Class XMPMetaParser

java.lang.Object
com.itextpdf.kernel.xmp.impl.XMPMetaParser

public class XMPMetaParser extends Object
This class replaces the ExpatAdapter.cpp and does the XML-parsing and fixes the prefix. After the parsing several normalisations are applied to the XMPTree.
Since:
01.02.2006
  • Field Details

    • XMP_RDF

      private static final Object XMP_RDF
  • Constructor Details

    • XMPMetaParser

      private XMPMetaParser()
      Hidden constructor, initialises the SAX parser handler.
  • Method Details

    • parse

      public static XMPMeta parse(Object input, ParseOptions options) throws XMPException
      Parses the input source into an XMP metadata object, including de-aliasing and normalisation.
      Parameters:
      input - the input can be an InputStream, a String or a byte buffer containing the XMP packet.
      options - the parse options
      Returns:
      Returns the resulting XMP metadata object
      Throws:
      XMPException - Thrown if parsing or normalisation fails.
    • parseXml

      private static Document parseXml(Object input, ParseOptions options) throws XMPException
      Parses the raw XML metadata packet considering the parsing options. Latin-1/ISO-8859-1 can be accepted when the input is a byte stream (some old toolkits versions such packets). The stream is then wrapped in another stream that converts Latin-1 to UTF-8.

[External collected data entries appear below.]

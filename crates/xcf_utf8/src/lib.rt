// Well-formed UTF-8.
#![tactic(auto)]

ghost use Rattle.std.specs.Prelude.{◌≡◌};
ghost use Rattle.xcf_utf8.specs.Utf8.{well_formed};

// Whether a name is well-formed.
#[tactic(auto, using(crate::proofs::Scalars::utf8_well_formed, crate::proofs::Scalars::not_utf8), unfolding(crate::specs::Utf8::begun, crate::specs::Utf8::well_formed_from))]
pub fn well_formed(name: &[u8]) -> bool
    ensures { result ≡ well_formed name.now }
{
    str::from_utf8(name).is_ok()
}
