// One operation of an encoded stream.
#![tactic(auto)]

ghost use Rattle.std.specs.Prelude.{◌≡◌, ◌≤◌, length, IfOk, IfSome};
ghost use Rattle.xcf_operation.specs.Operation.{head_at, operation_at};
ghost use Rattle.xcf_operation.specs.Parts.{head_read, given, operation_read, DataOf};

use xcf_numbers::fault::Fault;

// A run gives one byte again and again, a copy the bytes that stand in the window.
#[derive(Clone, Copy)]
enum Kind {
    Run,
    Copy,
}

// An opcode with its length bytes: a run or a copy, how many bytes it gives, and where its data starts.
#[derive(Clone, Copy)]
struct Head {
    kind: Kind,
    count: usize,
    body: usize,
}

// What an operation gives: a byte, `count` times, or bytes of the window.
#[derive(Clone, Copy)]
pub enum Bytes<'a> {
    Run { value: u8, count: usize },
    Copy(&'a [u8]),
}

impl Bytes<'_> {
    pub fn len(&self) -> usize
        ensures { result ≡ length (given self.now) }
    {
        match self {
            Bytes::Run { count, .. } => *count,
            Bytes::Copy(bytes) => bytes.len(),
        }
    }
}

// An operation in a stream, and the place behind it.
#[derive(Clone, Copy)]
pub struct Operation<'a> {
    pub bytes: Bytes<'a>,
    pub next: usize,
}

// The head at a place, unless the window ends before it does.
#[tactic(auto, unfolding(crate::specs::Operation::head_at, crate::specs::Operation::head_of))]
fn head_at(window: &[u8], at: usize) -> Option<Head>
    ensures head { head_read result ≡ head_at window.now at }
    ensures inside { IfSome result (λ h. h.body ≤ length window.now) }
{
    match window.get(at..)? {
        [code @ 0..127, ..] => Some(Head {
            kind: Kind::Run,
            count: usize::from(*code) + 1,
            body: at + 1,
        }),
        [code @ 129.., ..] => Some(Head {
            kind: Kind::Copy,
            count: 256 - usize::from(*code),
            body: at + 1,
        }),
        [code, p, q, ..] => Some(Head {
            kind: if *code == 127 { Kind::Run } else { Kind::Copy },
            count: usize::from(u16::from_be_bytes([*p, *q])),
            body: at + 3,
        }),
        _ => None,
    }
}

// The operation at a place of a stream that still takes `left` bytes.
#[tactic(auto, unfolding(crate::specs::Operation::operation_at, crate::specs::Operation::operation_of))]
pub fn operation_at(window: &[u8], at: usize, left: usize) -> Result<Operation<'_>, Fault>
    ensures gives { operation_read result ≡ operation_at window.now at left }
    ensures data { IfOk result (λ o. DataOf window.now (head_at window.now at) o.bytes) }
{
    let Head { kind, count, body } = head_at(window, at).ok_or(Fault::Short)?;
    if left < count {
        return Err(Fault::Overrun);
    }
    let data = &window[body..];
    match kind {
        Kind::Run => {
            let value = *data.first().ok_or(Fault::Short)?;
            Ok(Operation {
                bytes: Bytes::Run { value, count },
                next: body + 1,
            })
        }
        Kind::Copy => {
            let bytes = data.get(..count).ok_or(Fault::Short)?;
            Ok(Operation {
                bytes: Bytes::Copy(bytes),
                next: body + count,
            })
        }
    }
}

      If control characters shall be fixed, a reader is used that fixes the chars to spaces (if the input is a byte stream is has to be read as character stream).

      Both options reduce the performance of the parser.

      Parameters:
      input - the input can be an InputStream, a String or a byte buffer containing the XMP packet.
      options - the parsing options
      Returns:
      Returns the parsed XML document or an exception.
      Throws:
      XMPException - Thrown if the parsing fails for different reasons
    • parseXmlFromInputStream

      private static Document parseXmlFromInputStream(InputStream stream, ParseOptions options) throws XMPException
      Parses XML from an InputStream, fixing the encoding (Latin-1 to UTF-8) and illegal control character optionally.
      Parameters:
      stream - an InputStream
      options - the parsing options
      Returns:
      Returns an XML DOM-Document.
      Throws:
      XMPException - Thrown when the parsing fails.
    • parseXmlFromBytebuffer

      private static Document parseXmlFromBytebuffer(ByteBuffer buffer, ParseOptions options) throws XMPException
      Parses XML from a byte buffer, fixing the encoding (Latin-1 to UTF-8) and illegal control character optionally.
      Parameters:
      buffer - a byte buffer containing the XMP packet
      options - the parsing options
      Returns:
      Returns an XML DOM-Document.
      Throws:
      XMPException - Thrown when the parsing fails.
    • parseXmlFromString

      private static Document parseXmlFromString(String input, ParseOptions options) throws XMPException
      Parses XML from a String, fixing the illegal control character optionally.
      Parameters:
      input - a String containing the XMP packet
      options - the parsing options
      Returns:
      Returns an XML DOM-Document.
      Throws:
      XMPException - Thrown when the parsing fails.
    • parseInputSource

      private static Document parseInputSource(InputSource source) throws XMPException
      Runs the XML-Parser.
      Parameters:
      source - an InputSource
      Returns:
      Returns an XML DOM-Document.
      Throws:
      XMPException - Wraps parsing and I/O-exceptions into an XMPException.
    • findRootNode

      private static Object[] findRootNode(Node root, boolean xmpmetaRequired, Object[] result)
      Find the XML node that is the root of the XMP data tree. Generally this will be an outer node, but it could be anywhere if a general XML document is parsed (e.g. SVG). The XML parser counted all rdf:RDF and pxmp:XMP_Packet nodes, and kept a pointer to the last one. If there is more than one possible root use PickBestRoot to choose among them.

      If there is a root node, try to extract the version of the previous XMP toolkit.

      Pick the first x:xmpmeta among multiple root candidates. If there aren't any, pick the first bare rdf:RDF if that is allowed. The returned root is the rdf:RDF child if an x:xmpmeta element was chosen. The search is breadth first, so a higher level candiate is chosen over a lower level one that was textually earlier in the serialized XML.

      Parameters:
      root - the root of the xml document
      xmpmetaRequired - flag if the xmpmeta-tag is still required, might be set initially to true, if the parse option "REQUIRE_XMP_META" is set
      result - The result array that is filled during the recursive process.
      Returns:
      Returns an array that contains the result or null. The array contains:
      • [0] - the rdf:RDF-node
      • [1] - an object that is either XMP_RDF or XMP_PLAIN (the latter is decrecated)
      • [2] - the body text of the xpacket-instruction.